Maximising the Green and Gold runway for a high-performance event industry

By Board Director, Thomas Staunton


The success of the Paris 2024 Olympic and Paralympic Games was not only 30 days of world-class sport, it was also years of France positioning itself as a global event destination and building a high-performance event industry, both of which were achieved by hosting, delivering and supporting *50,000 pre-Games events across the entire country.

As we celebrate the achievements of the Australian Olympic and Paralympic teams, who trained and practised for years to do their best on the world stage, we should also apply the same high-performance approach to the Australian events industry – educating, practising, innovating and developing the skills required to be the best event practitioners in the world.

The success of the Paris 2024 Games was so much more than the sport on the field of play. The success included bidding, hosting and producing;

  • Major international sporting events, world championships and world cups
  • Business events
  • Arts and cultural festivals
  • Tourism and destination marketing projects
  • and; a myriad of local community events

This legacy program engaged millions of attendees across France through a wide range of events, years before the Games. Importantly, these tens of thousands of events also helped develop capacity, capability, and expertise within the French event industry, which contributed to the success of the Games.

Partners and stakeholders of the Paris 2024 Games maximised the collective return on investment and achieved significant impact and outcomes for communities and businesses on a national scale, even before the Opening Ceremony commenced.

The LA28 Olympic and Paralympic Games now have stewardship of the Olympic Flag and will also have delivered thousands of events and activations for a total of 10 years by the time of the Opening Ceremony. Another proof-point for the power of an Olympic and Paralympic Games to be measured by the success of developing a high-performance event industry through effective planning and delivery of a range of test events, ensuring seamless experiences at Games time when the eyes of the world are watching.  

To learn from the immense success of Paris 2024 and grow from what LA28 is currently demonstrating, Australia needs to build a high-performance event industry through events, experiences, activations and engagement programs across sectors such as sports, tourism, business, arts and culture, trade and investment, education.

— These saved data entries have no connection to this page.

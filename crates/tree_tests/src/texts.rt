//! Worked rows, whose counts were made outside.
ghost use Rattle.std.specs.Prelude.{◌≡◌, ◌+◌, ◌^◌, ◌≤◌, length};

use std::alloc::Global;
use sum_tree::{OutOfMemory, Summary};
use text_dims::{OffsetUtf16, Place, Point, PointUtf16, TextSummary, is_char_start, units_at};

fn point(row: u64, column: u64) -> Point
    ensures { (result.row ≡ row) × (result.column ≡ column) }
{
    Point { row, column }
}

fn point_utf16(row: u64, column: u64) -> PointUtf16
    ensures { (result.row ≡ row) × (result.column ≡ column) }
{
    PointUtf16 { row, column }
}

// The bytes, UTF-16 units and characters of a text; its end; the characters of its first row; the characters and units of its
// last row; its longest row and the characters of that.
type Counts = ([u64; 3], [u64; 2], u64, [u64; 2], [u64; 2]);

const TEXTS: &[(&str, Counts)] = &[
    ("", ([0, 0, 0], [0, 0], 0, [0, 0], [0, 0])),
    ("a", ([1, 1, 1], [0, 1], 1, [1, 1], [0, 1])),
    ("\n", ([1, 1, 1], [1, 0], 0, [0, 0], [0, 0])),
    ("a\nbc", ([4, 4, 4], [1, 2], 1, [2, 2], [1, 2])),
    ("é😀\n", ([7, 4, 3], [1, 0], 2, [0, 0], [0, 2])),
    (
        "ab\r\ncd\n\nxyz\npqr",
        ([15, 15, 15], [4, 3], 3, [3, 3], [0, 3]),
    ),
    ("€uro\nß", ([9, 6, 6], [1, 2], 4, [1, 1], [0, 4])),
    ("😀😀\nabcd\n", ([14, 10, 8], [2, 0], 2, [0, 0], [1, 4])),
    ("ab\ncd\ne", ([7, 7, 7], [2, 1], 2, [1, 1], [0, 2])),
    ("a\nbcd\nef", ([8, 8, 8], [2, 2], 1, [2, 2], [1, 3])),
    ("\n\n\n", ([3, 3, 3], [3, 0], 0, [0, 0], [0, 0])),
    ("😀", ([4, 2, 1], [0, 4], 1, [1, 2], [0, 1])),
    (
        "a\n😀é€z\nbcd\nwxyz",
        ([21, 16, 15], [3, 4], 1, [4, 4], [1, 4]),
    ),
];

fn counts_of(text: &str) -> Counts {
    let sum = TextSummary::of(text);
    (
        [sum.len, sum.len_utf16, sum.chars],
        [sum.lines.row, sum.lines.column],
        sum.first_row_chars,
        [sum.last_row_chars, sum.last_row_len_utf16],
        [sum.longest_row, sum.longest_row_chars],
    )
}

#[test]
fn texts_are_counted(rt: HostRuntime) {
    for &(text, expected) in TEXTS {
        assert!(rt; counts_of(text) == expected, "of {text:?}");
    }
}

fn add<S: Summary>(alloc: Global, sum: &mut S, other: &S) -> Result<(), OutOfMemory>
    requires { S.fits (S.op sum.old other.now) }
{
    sum.add(alloc, other)
}

// The summary of two short texts, as any summary is added.
fn sum_of(alloc: Global, first: &str, second: &str) -> Result<TextSummary, OutOfMemory>
    requires { length first.now + length second.now ≤ 2 ^ 40 }
{
    let mut sum = TextSummary::of(first);
    add(alloc, &mut sum, &TextSummary::of(second))?;
    Ok(sum)
}

// Whether the summaries of two short texts add to that of both.
fn is_added(alloc: Global, first: &str, second: &str) -> Result<bool, OutOfMemory> {
    if first.len() > 100 || second.len() > 100 {
        return Ok(false);
    }
    let sum = sum_of(alloc, first, second)?;
    let both = join(alloc, first, second)?;
    Ok(sum == TextSummary::of(both.as_str()))
}

fn join(alloc: Global, first: &str, second: &str) -> Result<String, OutOfMemory> {
    let mut both = String::from_str(alloc, first)?;
    both.push_str(second)?;
    Ok(both)
}

#[test]
fn summaries_add_as_texts_join(rt: HostRuntime) -> Result<(), OutOfMemory> {
    for &(first, _) in TEXTS {
        for &(second, _) in TEXTS {
            assert!(rt;
                is_added(rt.alloc(), first, second)?,
                "of {first:?} and {second:?}"
            );
        }
    }
    assert!(rt;
        <TextSummary as Summary>::zero(rt.alloc()) == TextSummary::of(""),
        "of no text"
    );
    Ok(())
}

// Bytes, whether a character starts there, and its UTF-16 units.
const BYTES: &[(u8, bool, u64)] = &[
    (0x00, true, 1),
    (0x7f, true, 1),
    (0x80, false, 0),
    (0xbf, false, 0),
    (0xc2, true, 1),
    (0xef, true, 1),
    (0xf0, true, 2),
    (0xf4, true, 2),
];

#[test]
fn bytes_start_characters(rt: HostRuntime) {
    for &(byte, starts, units) in BYTES {
        assert!(rt; is_char_start(byte) == starts, "at {byte}");
        assert!(rt; units_at(byte) == units, "at {byte}");
    }
}

type Pair = (u64, u64);

// Two points, and their sum.
const SUMS: &[(Pair, Pair, Pair)] = &[
    ((2, 3), (0, 4), (2, 7)),
    ((2, 3), (1, 4), (3, 4)),
    ((0, 0), (0, 5), (0, 5)),
];

const SUMS_UTF16: &[(Pair, Pair, Pair)] = &[((1, 2), (0, 3), (1, 5))];

const ASCENDING: &[(Pair, Pair)] = &[((1, 9), (2, 0)), ((1, 2), (1, 3))];

// The sum of points in small rows and columns.
fn sum_of_points(first: Pair, second: Pair) -> Option<Pair> {
    if first.0 >= 100 || second.0 >= 100 || first.1 >= 100 || second.1 >= 100 {
        return None;
    }
    let sum = point(first.0, first.1) + point(second.0, second.1);
    Some((sum.row, sum.column))
}

fn sum_of_points_utf16(first: Pair, second: Pair) -> Option<Pair> {
    if first.0 >= 100 || second.0 >= 100 || first.1 >= 100 || second.1 >= 100 {
        return None;
    }
    let sum = point_utf16(first.0, first.1) + point_utf16(second.0, second.1);
    Some((sum.row, sum.column))
}

#[test]
fn points_add(rt: HostRuntime) {
    for &(first, second, sum) in SUMS {
        assert!(rt;
            sum_of_points(first, second) == Some(sum),
            "{first:?} and {second:?}"
        );
    }
    for &(first, second, sum) in SUMS_UTF16 {
        let added = sum_of_points_utf16(first, second);
        assert!(rt; added == Some(sum), "{first:?} and {second:?}, in units");
    }
    for &(first, second) in ASCENDING {
        let ascend = point(first.0, first.1) < point(second.0, second.1);
        assert!(rt; ascend, "{first:?} and {second:?}");
    }
}

const BEFORE: Place = Place {
    offset: 8,
    utf16: 5,
    row: 1,
    column: 1,
    column_utf16: 1,
};

const AFTER: Place = Place {
    offset: 9,
    utf16: 6,
    row: 1,
    column: 2,
    column_utf16: 2,
};

#[test]
fn places_go_past_texts(rt: HostRuntime) {
    assert!(rt;
        Place::default().past(&TextSummary::of("é😀\nx")) == BEFORE,
        "past a text"
    );
    assert!(rt; BEFORE.after(b'y') == AFTER, "after a byte");
    assert!(rt; BEFORE.after(b'\n').point() == point(2, 0), "after an LF");
    assert!(rt; AFTER.offset_utf16() == OffsetUtf16(6), "in units");
    assert!(rt; AFTER.point() == point(1, 2), "as a point");
    assert!(rt;
        AFTER.point_utf16() == point_utf16(1, 2),
        "as a point in units"
    );
    let wide = Place::default().past(&TextSummary::of("é😀"));
    assert!(rt; wide.point() == point(0, 6), "past wide characters");
    assert!(rt;
        wide.point_utf16() == point_utf16(0, 3),
        "past wide characters, in units"
    );
}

From live sites and community sports activations aligned to celebrate international sporting competitions; bidding and hosting of major international events, world championships and world cups; designing new tourism and destination experiences; upskilling an entire industry and transitioning to more sustainable event practices; building capacity and capability in local supply chains; and importantly, being prepared to welcome all Australians, and international visitors to Australia, at a world-class level.  

In just 3 years 11 months and 8 days, Brisbane 2032 will officially take stewardship of the Olympic Flag, following LA28, leaving a final 3 years, 10 months and 24 days until the Opening Ceremony.

Just as countries recruit, train, upskill and send athletes to compete on the world stage to practice and ensure they can perform their best, so too our events industry needs to be supported through a steady pipeline of events and major international projects that allow the industry to recruit, train, upskill and practice the delivery of major international events at an Olympic and Paralympic standard.